Polyethylenimine (PEI) is one of the most effective polymers for nonviral gene delivery (1). The effective transfection ability of PEI is attributed to its capability to condense the string-like DNA molecule into nanoparticles and make the DNA suitable for cellular uptake (2). Several reports examined the details of PEI-DNA complexation; for example, Dunlap et al. have observed the DNA condensate with PEI by using atomic force microscopy (AFM) (3). Although useful for analyzing the final state of the particles, it is difficult to elucidate the DNA condensation mechanism in detail by AFM and similar imaging techniques. Zhou and Li (4) have investigated the PEI-DNA interactions by using ethidium bromide as a fluorescent probe. According to Wiethoff et al. (5), the ability to displace a reporter probe from a DNA will vary among the species of the probes, so that the information gained from such an analysis will depend on the choice of the fluorescent probe. The fluorescent probes also became inadequate for binding analysis because the intensity of the fluorescence changes with the extent of probe burial in complexes. In addition, PEI-DNA complex is known to aggregate (6), making spectroscopic analysis of the PEI-DNA interactions technically difficult and not reliable (7,8).

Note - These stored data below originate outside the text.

ghost use Rattle.std.specs.Prelude.{◌≡◌, [], ◌+◌, ◌-◌, ◌<◌, ◌≤◌, ◌↔◌, ℕ, List, length, slice_range, Err, IfErr, IfNone, IfOk, IfSome, IsTrue};

use crate::kind::BlockKind;
use crate::open::{Layout, layout_of};
use crate::walk::{lower_in, read_in};
use st_base::{BlockFault, Bytes, Scratch, Steps};
use std::marker::{Brand, Model};
use std::sync::Arc;
use std::sync::ledger::{Blank, Ledger};

/// An entry of a block, where it lies. Its key stands in the scratch that it was read with.
#[derive(Drop)]
pub struct BlockEntry<'a> {
    /// Its value.
    pub value: &'a [u8],
    /// The offset after it.
    pub next: usize,
}

/// A block that was tested whole when it was opened, and is read where it lies in shared bytes. Contracts see its kind, its
/// entries, each with its offset, and the offset where they end. An offset is in bytes from the block's beginning.
#[derive(Drop)]
pub struct Block {
    bytes: Arc<Bytes>,
    from: usize,
    size: usize,
    kind: BlockKind,
    layout: Layout,
}

impl Model for Block {
    ghost use Rattle.std.specs.Prelude.{◌+◌, slice_range};
    ghost use Rattle.st_block.specs.BlockContents.{BlockContents, Keeps, block_contents_in};

    ghost Value = { BlockContents };

    ghost view = { λ block. block_contents_in block.kind (slice_range block.bytes.value block.from (block.from + block.size)) block.layout };

    ghost invariant = { λ block. Keeps block.bytes.value block.from block.size block.kind block.layout };
}

impl Block {
    ghost use Rattle.st_block.specs.Block.{Cell, block_of};
    ghost use Rattle.st_block.specs.BlockContents.{Advances, Opens, IsReadableAt, TakesCell, cells_at, internal_keys_rise, lower_offset};
    ghost use Rattle.st_block.specs.Search.{IsShort};

    /// The block of this kind in the `size` bytes from the offset `from` on, or its first fault: first of the restarts
    /// at its end, then of the entries in order, then of a restart that is no entry that shares nothing. It takes no
    /// memory, and its work is linear in the size.
    pub fn open(
        bytes: Arc<Bytes>,
        from: usize,
        size: usize,
        kind: BlockKind,
        scratch: &mut Scratch,
    ) -> Result<Block, BlockFault>
        requires { from + size ≤ length bytes.value }
        ensures ok { IfOk result (Opens kind (slice_range bytes.value from (from + size))) }
        ensures err { IfErr result (λ fault. block_of kind (slice_range bytes.value from (from + size)) ≡ Err fault) }
    {
        let layout = layout_of(&bytes.as_slice()[from..from + size], kind, scratch)?;
        Ok(Block {
            bytes,
            from,
            size,
            kind,
            layout,
        })
    }

    /// How many entries it has.
    pub fn len(&self) -> usize
        ensures { result ≡ length self.now.cells }
    {
        self.layout.entries
    }

    /// Whether it has no entries.
    pub fn is_empty(&self) -> bool
        ensures { IsTrue result ↔ (self.now.cells ≡ []) }
    {
        self.layout.entries == 0
    }

    /// Its kind.
    pub fn kind(&self) -> BlockKind
        ensures { result ≡ self.now.kind }
    {
        self.kind
    }

    /// The offset of the first entry, at which a reader stands with any key in its scratch.
    pub fn start(&self) -> usize
        ensures value { cells_at result self.now.cells ≡ self.now.cells }
        ensures stands { (key : List ℕ) → IsReadableAt self.now result key }
    {
        let _layout = self.layout;
        0
    }

    /// The entry at the offset; its key is put into the scratch, and a reader then stands at the offset after it. None
    /// exactly at the end. It reads that one entry.
    pub fn read<'a>(&'a self, at: usize, scratch: &mut Scratch) -> Option<BlockEntry<'a>>
        requires { IsReadableAt self.now at scratch.old }
        ensures found { IfSome result
            (λ entry. ((cell : Cell) × TakesCell self.now at scratch.new entry.value.now entry.next cell)) }
        ensures advances { IfSome result (λ entry. Advances self.now at entry.value.now entry.next) }
        ensures none { IfNone result ((cells_at at self.now.cells ≡ []) × (scratch.new ≡ scratch.old)) }
    {
        let text = &self.bytes.as_slice()[self.from..self.from + self.size];
        let read = read_in(text, self.kind, self.layout, at, scratch)?;
        let area = &text[..self.layout.end];
        Some(BlockEntry {
            value: &area[read.value..read.next],
            next: read.next,
        })
    }

    /// The offset of the first entry that doesn't come before the key and the sequence number, or where all end; a
    /// reader then stands there. The keys are to rise as internal keys. `lower_counted` says how few entries it reads.
    pub fn lower(&self, key: &[u8], number: u64, scratch: &mut Scratch) -> usize
        requires { IsTrue (internal_keys_rise self.now.cells) }
        ensures value { result ≡ lower_offset self.now key.now number }
        ensures stands { IsReadableAt self.now result scratch.new }
    {
        self.lower_from::<Brand>(key, number, scratch, Blank::new(1))
    }

    /// As `lower`, and counts its work. Each entry that is read is a step: those by which the restarts are halved, and
    /// those from one restart on, at most to the next.
    pub fn lower_counted<L: Ledger>(
        &self,
        key: &[u8],
        number: u64,
        scratch: &mut Scratch,
        steps: &mut Steps<L>,
    ) -> usize
        requires { IsTrue (internal_keys_rise self.now.cells) }
        ensures value { result ≡ lower_offset self.now key.now number }
        ensures stands { IsReadableAt self.now result scratch.new }
        ensures counted { steps.old ≤ steps.new }
        ensures short { IsShort self.now (steps.new - steps.old) }
    {
        let text = &self.bytes.as_slice()[self.from..self.from + self.size];
        lower_in(text, self.kind, self.layout, key, number, scratch, steps)
    }

    // As `lower`, with a counter of its own.
    fn lower_from<L: Ledger>(
        &self,
        key: &[u8],
        number: u64,
        scratch: &mut Scratch,
        blank: Blank,
    ) -> usize
        requires name { blank.name ≡ L.name }
        requires parts { blank.parts ≡ L.parts }
        requires some { 0 < blank.parts }
        requires rise { IsTrue (internal_keys_rise self.now.cells) }
        ensures value { result ≡ lower_offset self.now key.now number }
        ensures stands { IsReadableAt self.now result scratch.new }
    {
        let mut steps = Steps::<L>::start(blank);
        self.lower_counted(key, number, scratch, &mut steps)
    }
}
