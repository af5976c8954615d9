/// Which block of a table it is: what its keys are, and how they are ordered.
#[derive(Clone, Copy)]
pub enum BlockKind {
    /// Entries of the table under internal keys. Their order is not looked at when the block is opened.
    Data,
    /// Handles of data blocks under internal keys, in the order of internal keys.
    Index,
    /// Properties, or handles of other blocks, under names in the order of byte strings.
    Plain,
}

Isothermal titration calorimetry (ITC) is a powerful technique for analyzing interactions of biomolecules in solution because it does not require a reporter probe and it is not susceptible to solution turbidity. Despite its promise, only two studies investigated PEI-DNA interactions by using ITC. Choosakoonkriang et al. (9) have studied the effects of PEI binding to DNA in various buffer conditions, but they could not obtain the binding constant of this interaction because the complexation process was limited by aggregation of the complexes. The enthalpy change for PEI binding to DNA was calculated in an unusual way by using only part of the ITC data generated in that study. Ikonen et al. (10) were able to obtain a binding constant for PEI-DNA interaction from ITC; however, their ITC data were unsatisfactory on the following grounds; i), the dispersion of the data during the titration is too large to accurately determine the thermodynamic parameters, their data points were obtained from single run, and it would have been possible to fit a straight line instead of sigmoid fit in the heat integration data; ii), several peaks at the onset of titration were deleted without explanation (from the 39 titration peaks reported, only 32 were integrated), and the integration values of the peaks ignored would have been greater than two times larger than the other peaks, and; iii), no blank data were reported. The integration curve of PEI titrated into DNA was expected to be convex upward from their raw data. The blank data should be unusual because their integrated data subtracted blank data were sigmoidlike.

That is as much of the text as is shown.